Don’t need NOAA since the orange guy still has a Sharpie
I’m sorry to be curt here, but this doesn’t make sense. The NHC’s job is to identify and track tropical disturbances. If there’s a chance (which there is), then they should identify the chance. No one’s studying it; they’re reporting on it. It’s not costing them money to do this. And flash flooding can be pretty damaging! Should we just pretend tropical storms in the deep Atlantic don’t happen because no one is impacted? No. Your argument completely misrepresents what NOAA does. And it’s important with their funding under threat to be clear about why they exist. This is a reason they exist. It may seem inconsequential to you, but if you ask any coastal emergency manager, they’re going to be grateful for these updates.
I also will be curt. I live just north of Houston, so am very well aware of the threats and do take them seriously. My whole house generator was a blessing during Beryl last year. We installed it after the Feb 2021 freeze, even though we “only ” had 8 hours of power outage since we are in the Entergy grid. In 2021, ERCOT was a joke. We have a 36 trillion national debt, and it isn’t because taxes are too low. Spending is the issue. Every federal agency including NOAA and NHC needs to find ways to cut expenses prudently.
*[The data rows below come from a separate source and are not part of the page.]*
//! The words of the command line: which command they are, read by `clap`. `command_of` answers a `Command`
//! with its values, such as a `TableName`, or a `WordsFault`. A command is spelled in one way alone: what
//! `clap` found is spelled back and compared, so whatever else `clap` takes, such as words for help or a sign
//! before a number, is no command. `USAGE` is the list of all commands, for people. It knows what no command
//! does.
#![tactic(auto)]

mod command;
mod find;
mod laws;
mod program;
mod spelling;
mod table_name;
mod times;
mod usage;
mod values;

pub use command::{Command, WordsFault};
pub use find::command_of;
pub use laws::words_are_one_command;
pub use table_name::TableName;
pub use usage::{COMMAND_LINES, Usage, Wanted};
The Euro is now showing storm development in the E Pac, while the GFS is consistently showing something rather unpleasant in the Gulf. That consistency is starting to get worrisome.
It now looks like two models showing tropical development, albeit in different locales.
At what point do we start to un-fantasize it?
*like the MC reference 🎶
Yesterday, I did note that I felt the Pacific had better odds next week than the Atlantic. Given that these GFS fantasies are annual traditions (Literally…this happens every single season in May and June) it’s still nowhere near something we need to worry over.
Thank you
Sometimes you crack me up 😆 “fantasy”. Thanks for this!!
“Fantasy” and “a tinge.” Love your writing!! You brighten my morning!
Sooo….am I good for my trip to Cancun next week?!
Nothing I’d be worrying over right now.
I’m unclear on the NOAA Natl Hurricane Center graphics—even after clicking on images & reading associated content, there’s ambiguity. So does the ‘7-day’ image show projected development (after 7 days)?…or what’s there NOW with a chance of developing further?
Prior to 2025, I’d thought there an image of the ‘current’ status…..& then the viewer could click on ‘2-day’ or ‘7-day’ to see projected development & elaboration.
Thanks so much for your hard work & expertise : ).